→ Exercise aim: Retype everything in the entries that follow, exactly as shown.
Supplied information section start
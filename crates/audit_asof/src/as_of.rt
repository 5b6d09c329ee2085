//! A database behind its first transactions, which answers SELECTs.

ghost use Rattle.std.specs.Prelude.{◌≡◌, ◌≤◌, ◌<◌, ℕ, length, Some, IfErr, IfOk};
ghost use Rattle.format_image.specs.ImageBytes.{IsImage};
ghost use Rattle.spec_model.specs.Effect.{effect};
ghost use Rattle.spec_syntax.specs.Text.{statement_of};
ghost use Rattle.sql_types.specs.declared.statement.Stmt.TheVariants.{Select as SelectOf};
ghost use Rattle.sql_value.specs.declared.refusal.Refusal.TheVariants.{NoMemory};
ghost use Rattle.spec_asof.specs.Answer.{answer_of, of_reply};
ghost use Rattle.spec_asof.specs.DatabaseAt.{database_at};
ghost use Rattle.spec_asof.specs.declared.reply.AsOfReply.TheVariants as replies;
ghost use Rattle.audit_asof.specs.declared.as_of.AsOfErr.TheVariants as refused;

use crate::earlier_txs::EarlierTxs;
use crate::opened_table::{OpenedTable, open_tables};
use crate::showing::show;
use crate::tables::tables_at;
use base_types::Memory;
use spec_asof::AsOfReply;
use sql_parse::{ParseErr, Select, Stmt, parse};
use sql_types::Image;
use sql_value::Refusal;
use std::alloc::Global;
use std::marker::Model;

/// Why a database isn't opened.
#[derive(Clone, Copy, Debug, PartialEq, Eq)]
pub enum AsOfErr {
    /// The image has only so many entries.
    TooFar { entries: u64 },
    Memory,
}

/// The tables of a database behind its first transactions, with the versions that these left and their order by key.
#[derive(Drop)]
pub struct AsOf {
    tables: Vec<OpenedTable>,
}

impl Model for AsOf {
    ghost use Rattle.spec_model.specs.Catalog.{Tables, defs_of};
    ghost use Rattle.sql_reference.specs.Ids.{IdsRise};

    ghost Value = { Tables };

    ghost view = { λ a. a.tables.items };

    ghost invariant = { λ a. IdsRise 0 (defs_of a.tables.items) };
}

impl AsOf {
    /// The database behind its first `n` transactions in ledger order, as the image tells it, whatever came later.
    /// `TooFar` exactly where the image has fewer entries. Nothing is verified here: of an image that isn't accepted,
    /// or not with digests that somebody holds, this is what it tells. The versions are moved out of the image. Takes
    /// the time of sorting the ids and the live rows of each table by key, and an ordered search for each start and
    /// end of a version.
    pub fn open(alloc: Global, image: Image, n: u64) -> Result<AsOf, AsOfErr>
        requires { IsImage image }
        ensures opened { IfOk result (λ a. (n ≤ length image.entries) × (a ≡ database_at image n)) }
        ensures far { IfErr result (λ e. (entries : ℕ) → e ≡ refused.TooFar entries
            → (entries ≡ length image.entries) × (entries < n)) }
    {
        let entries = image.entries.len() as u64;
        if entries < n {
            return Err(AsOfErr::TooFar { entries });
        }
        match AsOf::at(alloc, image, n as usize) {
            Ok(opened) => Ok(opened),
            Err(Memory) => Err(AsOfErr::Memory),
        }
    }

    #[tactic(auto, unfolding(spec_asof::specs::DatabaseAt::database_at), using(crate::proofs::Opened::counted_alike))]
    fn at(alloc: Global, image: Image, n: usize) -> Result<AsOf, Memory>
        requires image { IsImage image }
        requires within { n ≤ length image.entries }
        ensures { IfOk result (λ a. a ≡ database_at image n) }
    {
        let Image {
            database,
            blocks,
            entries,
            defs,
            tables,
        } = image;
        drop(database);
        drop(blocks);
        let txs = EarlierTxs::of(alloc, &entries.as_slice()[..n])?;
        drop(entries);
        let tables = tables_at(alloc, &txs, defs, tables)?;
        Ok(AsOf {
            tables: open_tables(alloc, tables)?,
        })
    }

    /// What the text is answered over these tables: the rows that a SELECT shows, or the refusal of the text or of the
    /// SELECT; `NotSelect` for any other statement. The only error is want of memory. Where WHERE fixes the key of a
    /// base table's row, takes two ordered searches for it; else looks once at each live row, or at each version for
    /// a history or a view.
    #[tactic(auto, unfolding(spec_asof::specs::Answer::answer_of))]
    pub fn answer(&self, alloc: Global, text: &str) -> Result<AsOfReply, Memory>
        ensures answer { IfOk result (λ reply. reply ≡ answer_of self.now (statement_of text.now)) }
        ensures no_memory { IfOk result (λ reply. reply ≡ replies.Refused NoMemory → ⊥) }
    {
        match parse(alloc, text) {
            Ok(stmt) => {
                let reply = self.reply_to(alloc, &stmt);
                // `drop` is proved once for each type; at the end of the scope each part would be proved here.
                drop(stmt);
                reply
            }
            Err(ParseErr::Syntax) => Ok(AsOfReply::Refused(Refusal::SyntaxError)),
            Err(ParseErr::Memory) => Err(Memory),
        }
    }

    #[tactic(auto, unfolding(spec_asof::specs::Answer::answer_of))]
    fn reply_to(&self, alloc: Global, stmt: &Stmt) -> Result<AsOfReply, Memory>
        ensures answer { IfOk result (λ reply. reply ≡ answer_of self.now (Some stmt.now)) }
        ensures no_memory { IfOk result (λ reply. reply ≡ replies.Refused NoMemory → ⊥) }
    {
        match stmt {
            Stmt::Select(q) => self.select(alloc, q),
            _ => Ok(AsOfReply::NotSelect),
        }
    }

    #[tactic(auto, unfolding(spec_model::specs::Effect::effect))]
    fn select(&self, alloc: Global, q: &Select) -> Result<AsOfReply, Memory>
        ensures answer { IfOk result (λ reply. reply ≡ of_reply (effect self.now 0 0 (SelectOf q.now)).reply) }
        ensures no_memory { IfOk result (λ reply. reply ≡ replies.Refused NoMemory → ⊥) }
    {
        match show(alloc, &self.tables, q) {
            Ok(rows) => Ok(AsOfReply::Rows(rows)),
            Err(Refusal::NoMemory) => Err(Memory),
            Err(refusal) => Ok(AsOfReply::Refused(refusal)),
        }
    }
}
Supplied information section end
→ Output of the task:
filename crates/audit_asof/src/as_of.rt
repository 5b6d09c329ee2085
//! A database behind its first transactions, which answers SELECTs.

ghost use Rattle.std.specs.Prelude.{◌≡◌, ◌≤◌, ◌<◌, ℕ, length, Some, IfErr, IfOk};
ghost use Rattle.format_image.specs.ImageBytes.{IsImage};
ghost use Rattle.spec_model.specs.Effect.{effect};
ghost use Rattle.spec_syntax.specs.Text.{statement_of};
ghost use Rattle.sql_types.specs.declared.statement.Stmt.TheVariants.{Select as SelectOf};
ghost use Rattle.sql_value.specs.declared.refusal.Refusal.TheVariants.{NoMemory};
ghost use Rattle.spec_asof.specs.Answer.{answer_of, of_reply};
ghost use Rattle.spec_asof.specs.DatabaseAt.{database_at};
ghost use Rattle.spec_asof.specs.declared.reply.AsOfReply.TheVariants as replies;
ghost use Rattle.audit_asof.specs.declared.as_of.AsOfErr.TheVariants as refused;

use crate::earlier_txs::EarlierTxs;
use crate::opened_table::{OpenedTable, open_tables};
use crate::showing::show;
use crate::tables::tables_at;
use base_types::Memory;
use spec_asof::AsOfReply;
use sql_parse::{ParseErr, Select, Stmt, parse};
use sql_types::Image;
use sql_value::Refusal;
use std::alloc::Global;
use std::marker::Model;

/// Why a database isn't opened.
#[derive(Clone, Copy, Debug, PartialEq, Eq)]
pub enum AsOfErr {
    /// The image has only so many entries.
    TooFar { entries: u64 },
    Memory,
}

/// The tables of a database behind its first transactions, with the versions that these left and their order by key.
#[derive(Drop)]
pub struct AsOf {
    tables: Vec<OpenedTable>,
}

impl Model for AsOf {
    ghost use Rattle.spec_model.specs.Catalog.{Tables, defs_of};
    ghost use Rattle.sql_reference.specs.Ids.{IdsRise};

    ghost Value = { Tables };

    ghost view = { λ a. a.tables.items };

    ghost invariant = { λ a. IdsRise 0 (defs_of a.tables.items) };
}

impl AsOf {
    /// The database behind its first `n` transactions in ledger order, as the image tells it, whatever came later.
    /// `TooFar` exactly where the image has fewer entries. Nothing is verified here: of an image that isn't accepted,
    /// or not with digests that somebody holds, this is what it tells. The versions are moved out of the image. Takes
    /// the time of sorting the ids and the live rows of each table by key, and an ordered search for each start and
    /// end of a version.
    pub fn open(alloc: Global, image: Image, n: u64) -> Result<AsOf, AsOfErr>
        requires { IsImage image }
        ensures opened { IfOk result (λ a. (n ≤ length image.entries) × (a ≡ database_at image n)) }
        ensures far { IfErr result (λ e. (entries : ℕ) → e ≡ refused.TooFar entries
            → (entries ≡ length image.entries) × (entries < n)) }
    {
        let entries = image.entries.len() as u64;
        if entries < n {
            return Err(AsOfErr::TooFar { entries });
        }
        match AsOf::at(alloc, image, n as usize) {
            Ok(opened) => Ok(opened),
            Err(Memory) => Err(AsOfErr::Memory),
        }
    }

    #[tactic(auto, unfolding(spec_asof::specs::DatabaseAt::database_at), using(crate::proofs::Opened::counted_alike))]
    fn at(alloc: Global, image: Image, n: usize) -> Result<AsOf, Memory>
        requires image { IsImage image }
        requires within { n ≤ length image.entries }
        ensures { IfOk result (λ a. a ≡ database_at image n) }
    {
        let Image {
            database,
            blocks,
            entries,
            defs,
            tables,
        } = image;
        drop(database);
        drop(blocks);
        let txs = EarlierTxs::of(alloc, &entries.as_slice()[..n])?;
        drop(entries);
        let tables = tables_at(alloc, &txs, defs, tables)?;
        Ok(AsOf {
            tables: open_tables(alloc, tables)?,
        })
    }

    /// What the text is answered over these tables: the rows that a SELECT shows, or the refusal of the text or of the
    /// SELECT; `NotSelect` for any other statement. The only error is want of memory. Where WHERE fixes the key of a
    /// base table's row, takes two ordered searches for it; else looks once at each live row, or at each version for
    /// a history or a view.
    #[tactic(auto, unfolding(spec_asof::specs::Answer::answer_of))]
    pub fn answer(&self, alloc: Global, text: &str) -> Result<AsOfReply, Memory>
        ensures answer { IfOk result (λ reply. reply ≡ answer_of self.now (statement_of text.now)) }
        ensures no_memory { IfOk result (λ reply. reply ≡ replies.Refused NoMemory → ⊥) }
    {
        match parse(alloc, text) {
            Ok(stmt) => {
                let reply = self.reply_to(alloc, &stmt);
                // `drop` is proved once for each type; at the end of the scope each part would be proved here.
                drop(stmt);
                reply
            }
            Err(ParseErr::Syntax) => Ok(AsOfReply::Refused(Refusal::SyntaxError)),
            Err(ParseErr::Memory) => Err(Memory),
        }
    }

    #[tactic(auto, unfolding(spec_asof::specs::Answer::answer_of))]
    fn reply_to(&self, alloc: Global, stmt: &Stmt) -> Result<AsOfReply, Memory>
        ensures answer { IfOk result (λ reply. reply ≡ answer_of self.now (Some stmt.now)) }
        ensures no_memory { IfOk result (λ reply. reply ≡ replies.Refused NoMemory → ⊥) }
    {
        match stmt {
            Stmt::Select(q) => self.select(alloc, q),
            _ => Ok(AsOfReply::NotSelect),
        }
    }

    #[tactic(auto, unfolding(spec_model::specs::Effect::effect))]
    fn select(&self, alloc: Global, q: &Select) -> Result<AsOfReply, Memory>
        ensures answer { IfOk result (λ reply. reply ≡ of_reply (effect self.now 0 0 (SelectOf q.now)).reply) }
        ensures no_memory { IfOk result (λ reply. reply ≡ replies.Refused NoMemory → ⊥) }
    {
        match show(alloc, &self.tables, q) {
            Ok(rows) => Ok(AsOfReply::Rows(rows)),
            Err(Refusal::NoMemory) => Err(Memory),
            Err(refusal) => Ok(AsOfReply::Refused(refusal)),
        }
    }
}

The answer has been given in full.